====== Given data ======

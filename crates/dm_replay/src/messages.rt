//! The bag.
ghost use Rattle.std.specs.Prelude.{◌≡◌, IfErr, IfOk, IfSome, OnOk, Some};
ghost use Rattle.std.specs.declared.option.Option.{Option};
ghost use Rattle.dm_link.specs.Lawful.{IsMachine};
ghost use Rattle.dm_message.specs.Lawful.{IsLawfulMessage};
ghost use Rattle.dm_message.specs.Plain.{plain_message};
ghost use Rattle.dm_onekernel.specs.Kernel.{OneKernel};
ghost use Rattle.dm_onekernel.specs.Service.{without_message};
ghost use Rattle.dm_onekernel.specs.declared.boot.Boot.{Boot};
ghost use Rattle.dm_replay.specs.Answers.{Gives, IsRefused};
ghost use Rattle.dm_replay.specs.Sound.{IsSound};
ghost use Rattle.dm_replay.specs.State.{one_kernel, put_in};
ghost use Rattle.dm_replay.specs.Steps.{Becomes, Stays};

use crate::kernel::{Kernel, Refusal};
use dm_memory::Parcel;
use dm_message::{Message, MsgId};

impl Kernel {
    /// Takes a message out of the bag.
    pub(crate) fn take_message(&mut self, id: MsgId) -> Result<Message, Refusal>
        ensures gives { (b : Boot) → Gives result plain_message ((one_kernel b self.old).bag id) }
        ensures out { OnOk result (Becomes self.old self.new (λ s. without_message s id)) }
        ensures fit { (n : _) → IsSound n self.old → IfOk result IsLawfulMessage }
        ensures home { (n : _) → IsSound n self.old → OnOk result (IsMachine id.from.home) }
        ensures sound { (n : _) → IsSound n self.old → OnOk result (IsSound n self.new) }
        ensures stays { OnOk result (Stays self.old self.new) }
    {
        match self.bag.take(id) {
            Some(message) => Ok(message.into_inner()),
            None => Err(Refusal::NoStep),
        }
    }

    /// A message of the bag once more.
    pub(crate) fn copy_of(&self, id: MsgId) -> Result<Message, Refusal>
        ensures gives { (b : Boot) → Gives result plain_message ((one_kernel b self.now).bag id) }
        ensures fit { (n : _) → IsSound n self.now → IfOk result IsLawfulMessage }
    {
        match self.bag.get(id) {
            Some(message) => {
                let copy = message.get().copied(self.alloc)?;
                Ok(copy)
            }
            None => Err(Refusal::NoStep),
        }
    }

    /// Takes a message out of the bag, which goes.
    pub(crate) fn forget(&mut self, id: MsgId)
        ensures out { Becomes self.old self.new (λ s. without_message s id) }
        ensures sound { (n : _) → IsSound n self.old → IsSound n self.new }
        ensures processes { self.new.processes ≡ self.old.processes }
        ensures stays { Stays self.old self.new }
    {
        self.bag.take(id);
    }

    /// Puts a message into the bag.
    pub(crate) fn put_message(&mut self, message: Message) -> Result<(), Refusal>
        requires { IsLawfulMessage message }
        ensures state { OnOk result (Becomes self.old self.new (λ s. put_in s (Some message))) }
        ensures memory { (wanted : Option OneKernel) → IfErr result (λ e. IsRefused e wanted) }
        ensures sound { (n : _) → IsSound n self.old → OnOk result (IsSound n self.new) }
        ensures stays { OnOk result (Stays self.old self.new) }
    {
        let id = message.id;
        let message = Parcel::new(self.alloc, message)?;
        self.bag.set(id, message)?;
        Ok(())
    }

    /// Puts a message into the bag, if there is one.
    pub(crate) fn put_sent(&mut self, sent: Option<Message>) -> Result<(), Refusal>
        requires { IfSome sent IsLawfulMessage }
        ensures state { OnOk result (Becomes self.old self.new (λ s. put_in s sent)) }
        ensures memory { (wanted : Option OneKernel) → IfErr result (λ e. IsRefused e wanted) }
        ensures sound { (n : _) → IsSound n self.old → OnOk result (IsSound n self.new) }
        ensures stays { OnOk result (Stays self.old self.new) }
    {
        match sent {
            Some(message) => self.put_message(message),
            None => Ok(()),
        }
    }
}
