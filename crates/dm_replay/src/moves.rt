//! Processes that are to move.
ghost use Rattle.std.specs.Prelude.{◌≡◌, ◌+◌, IfErr, IfOk, OnOk, Some};
ghost use Rattle.std.specs.declared.option.Option.{Option};
ghost use Rattle.dm_link.specs.Lawful.{IsMachine};
ghost use Rattle.dm_message.specs.Lawful.{IsLawfulMessage};
ghost use Rattle.dm_message.specs.Plain as plain;
ghost use Rattle.dm_message.specs.Plain.{plain_message};
ghost use Rattle.dm_onekernel.specs.Kernel.{OneKernel, with_note, without_note};
ghost use Rattle.dm_onekernel.specs.Pieces.{answer_id};
ghost use Rattle.dm_onekernel.specs.Step.{step};
ghost use Rattle.dm_onekernel.specs.declared.boot.Boot.{Boot};
ghost use Rattle.dm_onekernel.specs.declared.label.Label.TheVariants as label_;
ghost use Rattle.dm_replay.specs.Sound.{IsFitNote, IsSound};
ghost use Rattle.dm_replay.specs.Answers.{Gives, IsRefused};
ghost use Rattle.dm_replay.specs.State.{one_kernel, plain_note};
ghost use Rattle.dm_replay.specs.Steps.{Becomes, Stays, Steps};
ghost use Rattle.dm_replay.specs.Serving.{noted_by};
ghost use Rattle.dm_replay.specs.Tests.{is_end, is_move_what};

use crate::kernel::{HERE, Kernel, Note, Refusal};
use dm_link::{Addr, Pid};
use dm_memory::insert;
use dm_message::{Message, MsgId, Outcome, What};

/// The answer to a request to move that a process followed.
fn answer_of(id: MsgId, pid: Pid, note: Note, outcome: Outcome) -> Message
    ensures plain { plain_message result ≡ Some (record { id = answer_id id; to = note.asker.pid; sender = pid; what = plain.Moved outcome }) }
    ensures lawful { IsMachine id.from.home → IsFitNote pid note → IsLawfulMessage result }
{
    Message {
        id: MsgId { answer: true, ..id },
        to: note.asker,
        sender: Addr {
            pid,
            at: HERE,
            moves: 0,
        },
        what: What::Moved { outcome },
    }
}

/// Whether a message asks its receiver to move.
fn asks_to_move(what: &What) -> bool
    ensures { result ≡ is_move_what what.now }
{
    matches!(what, What::Move { .. })
}

/// Whether it is the outcome of a move whose process has ended.
fn is_end(outcome: Outcome) -> bool
    ensures { result ≡ is_end outcome }
{
    matches!(outcome, Outcome::Ended)
}

impl Kernel {
    /// A process is to move, as a message for it asks, and follows that request.
    pub(crate) fn ask(&mut self, id: MsgId) -> Result<(), Refusal>
        requires sound { IsSound self.old.labels self.old }
        ensures steps { Steps self.old result self.new (λ s. step s (label_.Asked id)) }
        ensures sound { OnOk result (IsSound (self.old.labels + 1) self.new) }
        ensures stays { OnOk result (Stays self.old self.new) }
    {
        let message = self.take_message(id)?;
        let to = message.to.pid;
        if !self.is_at_hand(to) {
            return Err(Refusal::NoStep);
        }
        if !asks_to_move(&message.what) {
            return Err(Refusal::NoStep);
        }
        self.note(
            to,
            Note {
                id,
                asker: message.sender,
            },
        )
    }

    /// A process follows a request from now on.
    fn note(&mut self, pid: Pid, note: Note) -> Result<(), Refusal>
        ensures state { OnOk result (Becomes self.old self.new (λ s. with_note s pid (plain_note note))) }
        ensures memory { (wanted : Option OneKernel) → IfErr result (λ e. IsRefused e wanted) }
        ensures sound { (n : _) → IsSound n self.old → IsFitNote pid note → IsMachine note.id.from.home → OnOk result (IsSound n self.new) }
        ensures stays { OnOk result (Stays self.old self.new) }
    {
        insert(&mut self.notes, pid, note)?;
        self.noted.set(note.id, pid)?;
        Ok(())
    }

    /// The request that a process follows is answered.
    pub(crate) fn answer_move(&mut self, id: MsgId, outcome: Outcome) -> Result<(), Refusal>
        requires sound { IsSound self.old.labels self.old }
        ensures steps { Steps self.old result self.new (λ s. step s (label_.Answered id outcome)) }
        ensures sound { OnOk result (IsSound (self.old.labels + 1) self.new) }
        ensures stays { OnOk result (Stays self.old self.new) }
    {
        if is_end(outcome) {
            return Err(Refusal::NoStep);
        }
        let (pid, note) = self.take_note(id)?;
        self.put_message(answer_of(id, pid, note, outcome))
    }

    /// Takes out the note of a request: who follows it, and what the note says.
    fn take_note(&mut self, id: MsgId) -> Result<(Pid, Note), Refusal>
        ensures gives { (b : Boot) → Gives result (λ r. Some (r.0, plain_note r.1)) (noted_by (one_kernel b self.old) id) }
        ensures out { IfOk result (λ r. Becomes self.old self.new (λ s. without_note s r.0 id)) }
        ensures fit { (n : _) → IsSound n self.old → IfOk result (λ r. IsFitNote r.0 r.1 × IsMachine id.from.home) }
        ensures sound { (n : _) → IsSound n self.old → OnOk result (IsSound n self.new) }
        ensures stays { OnOk result (Stays self.old self.new) }
    {
        let Some(pid) = self.noted.take(id) else {
            return Err(Refusal::NoStep);
        };
        match self.notes.remove(&pid) {
            Some(note) => Ok((pid, note)),
            None => Err(Refusal::NoStep),
        }
    }
}
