//! The kernel as the boot file has it.
ghost use Rattle.std.specs.Prelude.{◌≡◌, ◌+◌, ◌<◌, ◌≤◌, [], IfOk, OnOk, Some, length, map, slice_get, slice_index, true};
ghost use Rattle.std.specs.List.{All};
ghost use Rattle.dm_link.specs.Lawful.{IsLawfulEnclosed};
ghost use Rattle.dm_link.specs.Plain.{plain_link};
ghost use Rattle.dm_onekernel.specs.Boot.{IsValid, images_are_valid, slots_of};
ghost use Rattle.dm_onekernel.specs.Service.{with_created};
ghost use Rattle.dm_onekernel.specs.Start.{start};
ghost use Rattle.dm_onekernel.specs.declared.boot.BootImage.{BootImage};
ghost use Rattle.dm_replay.specs.Begun.{started};
ghost use Rattle.dm_replay.specs.Steps.{Stays};
ghost use Rattle.dm_replay.specs.Sound.{IsOf, IsSound, first_count};
ghost use Rattle.dm_replay.specs.State.{one_kernel};

use crate::by_name::ByName;
use crate::kernel::Kernel;
use crate::life::Lives;
use dm_link::MACHINES;
use dm_memory::NoMemory;
use dm_onekernel::{Boot, BootProcess};
use dm_procman::ProcMan;
use dm_switchboard::Switchboard;
use std::alloc::Global;
use std::collections::BTreeMap;

impl Kernel {
    /// The kernel before the first label: the processes of the boot file, and no message.
    pub fn start(alloc: Global, boot: &Boot) -> Result<Kernel, NoMemory>
        requires valid { IsValid boot.now }
        ensures state { IfOk result (λ k. one_kernel boot.now k ≡ start boot.now) }
        ensures sound { IfOk result (λ k. IsSound k.labels k) }
        ensures of { IfOk result (IsOf boot.now) }
        ensures labels { IfOk result (λ k. k.labels ≡ 0) }
    {
        let mut kernel = Kernel::empty(alloc, boot)?;
        let processes = boot.processes.as_slice();
        let mut left = processes.len();
        // The last first, so that the others are what is left of the list.
        while left > 0 {
            left -= 1;
            kernel.begin(boot, &processes[left])?;
        }
        Ok(kernel)
    }

    /// The kernel without any process.
    fn empty(alloc: Global, boot: &Boot) -> Result<Kernel, NoMemory>
        requires valid { IsValid boot.now }
        ensures state { IfOk result (λ k. one_kernel boot.now k ≡ started boot.now []) }
        ensures sound { IfOk result (λ k. IsSound 0 k) }
        ensures of { IfOk result (IsOf boot.now) }
        ensures labels { IfOk result (λ k. k.labels ≡ 0) }
    {
        Ok(Kernel {
            alloc,
            processes: Lives::new(alloc),
            made: [0; MACHINES as usize],
            bag: ByName::new(alloc),
            notes: BTreeMap::new(alloc),
            noted: ByName::new(alloc),
            board: Switchboard::new(alloc),
            manager: ProcMan::new(alloc, boot)?,
            labels: 0,
        })
    }

    /// A process of the boot file begins.
    fn begin(&mut self, boot: &Boot, process: &BootProcess) -> Result<(), NoMemory>
        requires home { process.now.pid.home < MACHINES }
        requires counts { slice_index self.old.made process.now.pid.home < u32.MAX }
        requires images { images_are_valid boot.now.images ≡ true }
        requires image { process.now.image < length boot.now.images }
        requires links { length process.now.links ≤ slots_of boot.now.format }
        ensures state { OnOk result ((i : BootImage) → slice_get boot.now.images process.now.image ≡ Some i →
            one_kernel boot.now self.new ≡ with_created (one_kernel boot.now self.old) process.now.pid i (map plain_link process.now.links)) }
        ensures sound { (n : _) → IsSound n self.old → All IsLawfulEnclosed process.now.links → slice_index self.old.made process.now.pid.home < first_count + n → OnOk result (IsSound n self.new) }
        ensures stays { OnOk result (Stays self.old self.new) }
    {
        let image = &boot.images.as_slice()[usize::from(process.image)];
        self.stand(boot, process.pid, image, process.links.as_slice())
    }
}
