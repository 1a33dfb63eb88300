//! What becomes of messages for processes that have ended.
ghost use Rattle.std.specs.Prelude.{◌≡◌, ◌+◌, ◌&&◌, OnOk, is_some};
ghost use Rattle.dm_onekernel.specs.Step.{step, why_ended};
ghost use Rattle.dm_onekernel.specs.declared.label.Label.TheVariants as label_;
ghost use Rattle.dm_replay.specs.Living.{at, life_of};
ghost use Rattle.dm_replay.specs.Sound.{IsSound};
ghost use Rattle.dm_replay.specs.Steps.{Stays, Steps};
ghost use Rattle.dm_replay.specs.Tests.{is_asked_what, is_dropped_what};

use crate::kernel::{HERE, Kernel, Refusal};
use dm_datamove::gone;
use dm_message::{Message, MsgId, What};

/// Whether a message of this kind is dropped where its receiver has ended.
fn is_dropped(what: &What) -> bool
    ensures { result ≡ is_dropped_what what.now }
{
    match what {
        What::User { .. } => true,
        What::Stop => true,
        What::Resume => true,
        What::Kill => true,
        What::Block { .. } => true,
        What::Written => true,
        What::Gone => true,
        _ => false,
    }
}

/// Whether a message of this kind is answered where its receiver has ended.
fn is_request(what: &What) -> bool
    ensures { result ≡ is_asked_what what.now }
{
    match what {
        What::Read { .. } => true,
        What::Write { .. } => true,
        What::Move { .. } => true,
        _ => false,
    }
}

impl Kernel {
    /// Whether the receiver of a message has ended, and it is dropped then.
    fn drops(&self, message: &Message) -> bool
        ensures { result ≡ is_some (why_ended (life_of (at self.now.processes message.now.to.pid))) && is_dropped_what message.now.what }
    {
        self.has_ended(message.to.pid) && is_dropped(&message.what)
    }

    /// Whether the receiver of a message has ended, and it is answered then.
    fn asks_in_vain(&self, message: &Message) -> bool
        ensures { result ≡ is_some (why_ended (life_of (at self.now.processes message.now.to.pid))) && is_asked_what message.now.what }
    {
        self.has_ended(message.to.pid) && is_request(&message.what)
    }

    /// A message went whose receiver had ended.
    pub(crate) fn drop_message(&mut self, id: MsgId) -> Result<(), Refusal>
        requires sound { IsSound self.old.labels self.old }
        ensures steps { Steps self.old result self.new (λ s. step s (label_.Dropped id)) }
        ensures sound { OnOk result (IsSound (self.old.labels + 1) self.new) }
        ensures stays { OnOk result (Stays self.old self.new) }
    {
        let message = self.take_message(id)?;
        if self.drops(&message) {
            Ok(())
        } else {
            Err(Refusal::NoStep)
        }
    }

    /// A process that had ended was asked for something that is answered.
    pub(crate) fn answer_gone(&mut self, id: MsgId) -> Result<(), Refusal>
        requires sound { IsSound self.old.labels self.old }
        ensures steps { Steps self.old result self.new (λ s. step s (label_.Gone id)) }
        ensures sound { OnOk result (IsSound (self.old.labels + 1) self.new) }
        ensures stays { OnOk result (Stays self.old self.new) }
    {
        let message = self.take_message(id)?;
        if !self.asks_in_vain(&message) {
            return Err(Refusal::NoStep);
        }
        self.put_message(gone(&message, HERE))
    }
}
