//! How processes are made: those of the boot file, and those that are asked for.
ghost use Rattle.std.specs.Prelude.{◌≡◌, ◌+◌, ◌<◌, ◌≤◌, ◌&&◌, ◌==◌, OnOk, Some, length, option_map, true};
ghost use Rattle.dm_link.specs.Lawful.{IsLawfulEnclosed};
ghost use Rattle.dm_link.specs.Plain.{plain_link};
ghost use Rattle.dm_onekernel.specs.Boot.{IsValid, first_number, image_is_valid, slots_of};
ghost use Rattle.dm_onekernel.specs.Service.{with_created};
ghost use Rattle.dm_onekernel.specs.Step.{step};
ghost use Rattle.dm_onekernel.specs.declared.label.Label.TheVariants as label_;
ghost use Rattle.std.specs.List.{All};
ghost use Rattle.std.specs.Prelude.{map, slice_index};
ghost use Rattle.dm_link.specs.Names.{pid_eq, pid_of};
ghost use Rattle.dm_replay.specs.Answers.{Gives};
ghost use Rattle.dm_replay.specs.Begun.{asked_in, is_kernel};
ghost use Rattle.dm_replay.specs.Sound.{IsSound, first_count};
ghost use Rattle.dm_replay.specs.State.{one_kernel};
ghost use Rattle.dm_replay.specs.Steps.{Stays};
ghost use Rattle.dm_replay.specs.Tests.{is_create_what};

use crate::kernel::{HERE, Kernel, MOST_LABELS, Refusal};
use crate::life::Life;
use dm_datamove::answer;
use dm_link::{FIRST_NUMBER, Link, MACHINES, Pid};
use dm_memory::NoMemory;
use dm_message::{MsgId, What};
use dm_onekernel::{Boot, BootImage, child_of};

/// Whether it is the kernel of a machine.
fn is_kernel(boot: &Boot, pid: Pid) -> bool
    ensures { result ≡ is_kernel boot.now pid }
{
    pid.num == 0 && usize::from(pid.home) < boot.machines.as_slice().len()
}

/// Whether a message asks for a process.
fn asks_to_make(what: &What) -> bool
    ensures { result ≡ is_create_what what.now }
{
    matches!(what, What::Create { .. })
}

/// The image and the links that a request to make a process names, if it is one and the image is there.
fn asked_for<'a>(boot: &'a Boot, what: &'a What) -> Option<(&'a BootImage, &'a [Link])>
    ensures { option_map (λ r. (r.0.now, r.1.now)) result ≡ asked_in boot.now.images what.now }
{
    match what {
        What::Create { image, links } => {
            match boot.images.as_slice().get(usize::from(*image)) {
                Some(image) => Some((image, links.as_slice())),
                None => None,
            }
        }
        _ => None,
    }
}

impl Kernel {
    /// A process begins, and counts among those of its home.
    pub(crate) fn stand(
        &mut self,
        boot: &Boot,
        child: Pid,
        image: &BootImage,
        links: &[Link],
    ) -> Result<(), NoMemory>
        requires home { child.home < MACHINES }
        requires counts { slice_index self.old.made child.home < u32.MAX }
        requires image { image_is_valid image.now ≡ true }
        requires links { length links.now ≤ slots_of boot.now.format }
        ensures state { OnOk result (one_kernel boot.now self.new ≡ with_created (one_kernel boot.now self.old) child image.now (map plain_link links.now)) }
        ensures sound { (n : _) → IsSound n self.old → All IsLawfulEnclosed links.now → slice_index self.old.made child.home < first_count + n → OnOk result (IsSound n self.new) }
        ensures stays { OnOk result (Stays self.old self.new) }
    {
        let process = child_of(self.alloc, boot, child, image, links)?;
        self.processes.set(child, Life::Alive(process))?;
        self.made[usize::from(child.home)] += 1;
        Ok(())
    }

    /// A process was made, as a message asked.
    pub(crate) fn create(&mut self, boot: &Boot, id: MsgId, child: Pid) -> Result<(), Refusal>
        requires valid { IsValid boot.now }
        requires sound { IsSound self.old.labels self.old }
        requires room { self.old.labels < MOST_LABELS }
        ensures gives { Gives result (λ _. Some (one_kernel boot.now self.new)) (step (one_kernel boot.now self.old) (label_.Created id child)) }
        ensures sound { OnOk result (IsSound (self.old.labels + 1) self.new) }
        ensures stays { OnOk result (Stays self.old self.new) }
    {
        let message = self.take_message(id)?;
        let Some((image, links)) = asked_for(boot, &message.what) else {
            return Err(Refusal::NoStep);
        };
        if !self.makes(boot, message.to.pid, child) {
            return Err(Refusal::NoStep);
        }
        self.stand(boot, child, image, links)?;
        self.put_message(answer(&message, HERE, 0, What::Created { pid: child }))
    }

    /// Whether it is the kernel of a machine, and this is the name of the next process that it makes.
    fn makes(&self, boot: &Boot, kernel: Pid, child: Pid) -> bool
        requires valid { IsValid boot.now }
        requires sound { IsSound self.now.labels self.now }
        requires room { self.now.labels < MOST_LABELS }
        ensures { result ≡ is_kernel boot.now kernel && pid_eq child (pid_of kernel.home (first_number + slice_index self.now.made kernel.home)) }
    {
        if !is_kernel(boot, kernel) {
            return false;
        }
        child == self.next_pid(kernel.home)
    }

    /// The name of the next process that a machine makes.
    fn next_pid(&self, home: u8) -> Pid
        requires home { home < MACHINES }
        requires counts { FIRST_NUMBER + slice_index self.now.made home < u32.MAX }
        ensures { result ≡ pid_of home (first_number + slice_index self.now.made home) }
    {
        Pid {
            home,
            num: FIRST_NUMBER + self.made[usize::from(home)],
        }
    }

    /// A process could not be made.
    pub(crate) fn no_space(&mut self, boot: &Boot, id: MsgId) -> Result<(), Refusal>
        requires valid { IsValid boot.now }
        requires sound { IsSound self.old.labels self.old }
        requires room { self.old.labels < MOST_LABELS }
        ensures gives { Gives result (λ _. Some (one_kernel boot.now self.new)) (step (one_kernel boot.now self.old) (label_.NoSpace id 0 0)) }
        ensures sound { OnOk result (IsSound (self.old.labels + 1) self.new) }
        ensures stays { OnOk result (Stays self.old self.new) }
    {
        let message = self.take_message(id)?;
        if !asks_to_make(&message.what) {
            return Err(Refusal::NoStep);
        }
        if !is_kernel(boot, message.to.pid) {
            return Err(Refusal::NoStep);
        }
        self.put_message(answer(&message, HERE, 0, What::NoRoom))
    }
}
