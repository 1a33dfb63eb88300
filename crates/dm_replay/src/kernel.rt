//! The kernel without machines.
ghost use Rattle.std.specs.Prelude.{◌≡◌};
ghost use Rattle.dm_replay.specs.declared.kernel.Refusal.TheVariants as no;

use crate::by_name::ByName;
use crate::life::Lives;
use dm_link::{Addr, MACHINES, Pid};
use dm_memory::{NoMemory, Parcel};
use dm_message::{Message, MsgId};
use dm_process::Process;
use dm_procman::ProcMan;
use dm_switchboard::Switchboard;
use std::alloc::Global;
use std::collections::BTreeMap;
use thiserror::Error;

/// The one place that there is: a machine, since addresses name one.
pub const HERE: u8 = 0;

/// How many labels a kernel takes at most, so that none of its counts can wear out.
pub const MOST_LABELS: u32 = 16_777_216;

/// Why a label isn't taken.
#[derive(Clone, Copy, Debug, Error)]
pub enum Refusal {
    /// It is no step of the kernel.
    #[error("no step")]
    NoStep,
    #[error("no memory")]
    NoMemory(NoMemory),
}

impl From<NoMemory> for Refusal {
    ghost from_gives = { λ none e. e ≡ no.NoMemory none };

    fn from(none: NoMemory) -> Refusal {
        Refusal::NoMemory(none)
    }
}

/// A request to move that a process follows until it has moved, or stays.
#[derive(Clone, Copy)]
pub struct Note {
    /// The request's name.
    pub id: MsgId,
    /// Who sent it.
    pub asker: Addr,
}

/// The whole system, wherever its parts are.
#[derive(Drop)]
pub struct Kernel {
    pub(crate) alloc: Global,
    /// What became of each process that was made.
    pub(crate) processes: Lives<Process>,
    /// How many processes of each home were made.
    pub(crate) made: [u32; MACHINES as usize],
    /// The messages that nobody has got yet.
    pub(crate) bag: ByName<Parcel<Message>>,
    /// The request to move that each process follows, if it follows one.
    pub(crate) notes: BTreeMap<Pid, Note>,
    /// Who follows each request.
    pub(crate) noted: ByName<Pid>,
    pub(crate) board: Switchboard,
    pub(crate) manager: ProcMan,
    /// How many labels were taken.
    pub(crate) labels: u32,
}

impl Kernel {
    /// How many labels were taken.
    pub fn labels(&self) -> u32
        ensures { result ≡ self.now.labels }
    {
        self.labels
    }
}
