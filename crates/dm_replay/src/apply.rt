//! One label.
ghost use Rattle.std.specs.Prelude.{◌≡◌, ◌+◌, ◌<◌, OnOk, Some};
ghost use Rattle.dm_onekernel.specs.Boot.{IsValid};
ghost use Rattle.dm_onekernel.specs.Step.{step};
ghost use Rattle.dm_replay.specs.Answers.{Gives};
ghost use Rattle.dm_replay.specs.Sound.{IsOf, IsSound};
ghost use Rattle.dm_replay.specs.State.{one_kernel};
ghost use Rattle.dm_replay.specs.Steps.{Stays};

use crate::kernel::{Kernel, MOST_LABELS, Refusal};
use dm_onekernel::{Boot, Label};

impl Kernel {
    /// Takes the next label: the kernel does its step, or refuses it, where it is none. A kernel that has refused a
    /// label takes no other.
    ///
    /// # Errors
    ///
    /// The label is no step, or there is no memory.
    pub fn apply(&mut self, boot: &Boot, label: Label) -> Result<(), Refusal>
        requires valid { IsValid boot.now }
        requires of { IsOf boot.now self.old }
        requires sound { IsSound self.old.labels self.old }
        requires room { self.old.labels < MOST_LABELS }
        ensures gives { Gives result (λ _. Some (one_kernel boot.now self.new)) (step (one_kernel boot.now self.old) label) }
        ensures of { OnOk result (IsOf boot.now self.new) }
        ensures sound { OnOk result (IsSound self.new.labels self.new) }
        ensures counted { OnOk result (self.new.labels ≡ self.old.labels + 1) }
    {
        self.do_step(boot, label)?;
        self.labels += 1;
        Ok(())
    }

    /// Does the step of a label, if it is one.
    fn do_step(&mut self, boot: &Boot, label: Label) -> Result<(), Refusal>
        requires valid { IsValid boot.now }
        requires of { IsOf boot.now self.old }
        requires sound { IsSound self.old.labels self.old }
        requires room { self.old.labels < MOST_LABELS }
        ensures gives { Gives result (λ _. Some (one_kernel boot.now self.new)) (step (one_kernel boot.now self.old) label) }
        ensures sound { OnOk result (IsSound (self.old.labels + 1) self.new) }
        ensures stays { OnOk result (Stays self.old self.new) }
    {
        match label {
            Label::Ran { pid, count } => self.run(pid, count),
            Label::Call { pid, number, reply } => self.reply(pid, number, reply),
            Label::Send { pid, id } => self.send(pid, id),
            Label::Wait { pid } => self.wait(pid),
            Label::Out { pid, word } => self.put_out(pid, word),
            Label::End { pid, why } => self.end(pid, why),
            Label::Receive { pid, id } => self.receive(pid, id),
            Label::Refuse { pid, id, reply } => self.refuse(pid, id, reply),
            Label::Served { id } => self.serve(id),
            Label::Took { id } => self.take_for_server(boot, id),
            Label::Dropped { id } => self.drop_message(id),
            Label::Gone { id } => self.answer_gone(id),
            Label::Created { id, pid } => self.create(boot, id, pid),
            Label::NoSpace { id, .. } => self.no_space(boot, id),
            Label::Asked { id } => self.ask(id),
            Label::Answered { id, outcome } => self.answer_move(id, outcome),
        }
    }
}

======

What you should do:
Across the data, tally the lines containing "reply" and give back the number alone.

Output:
2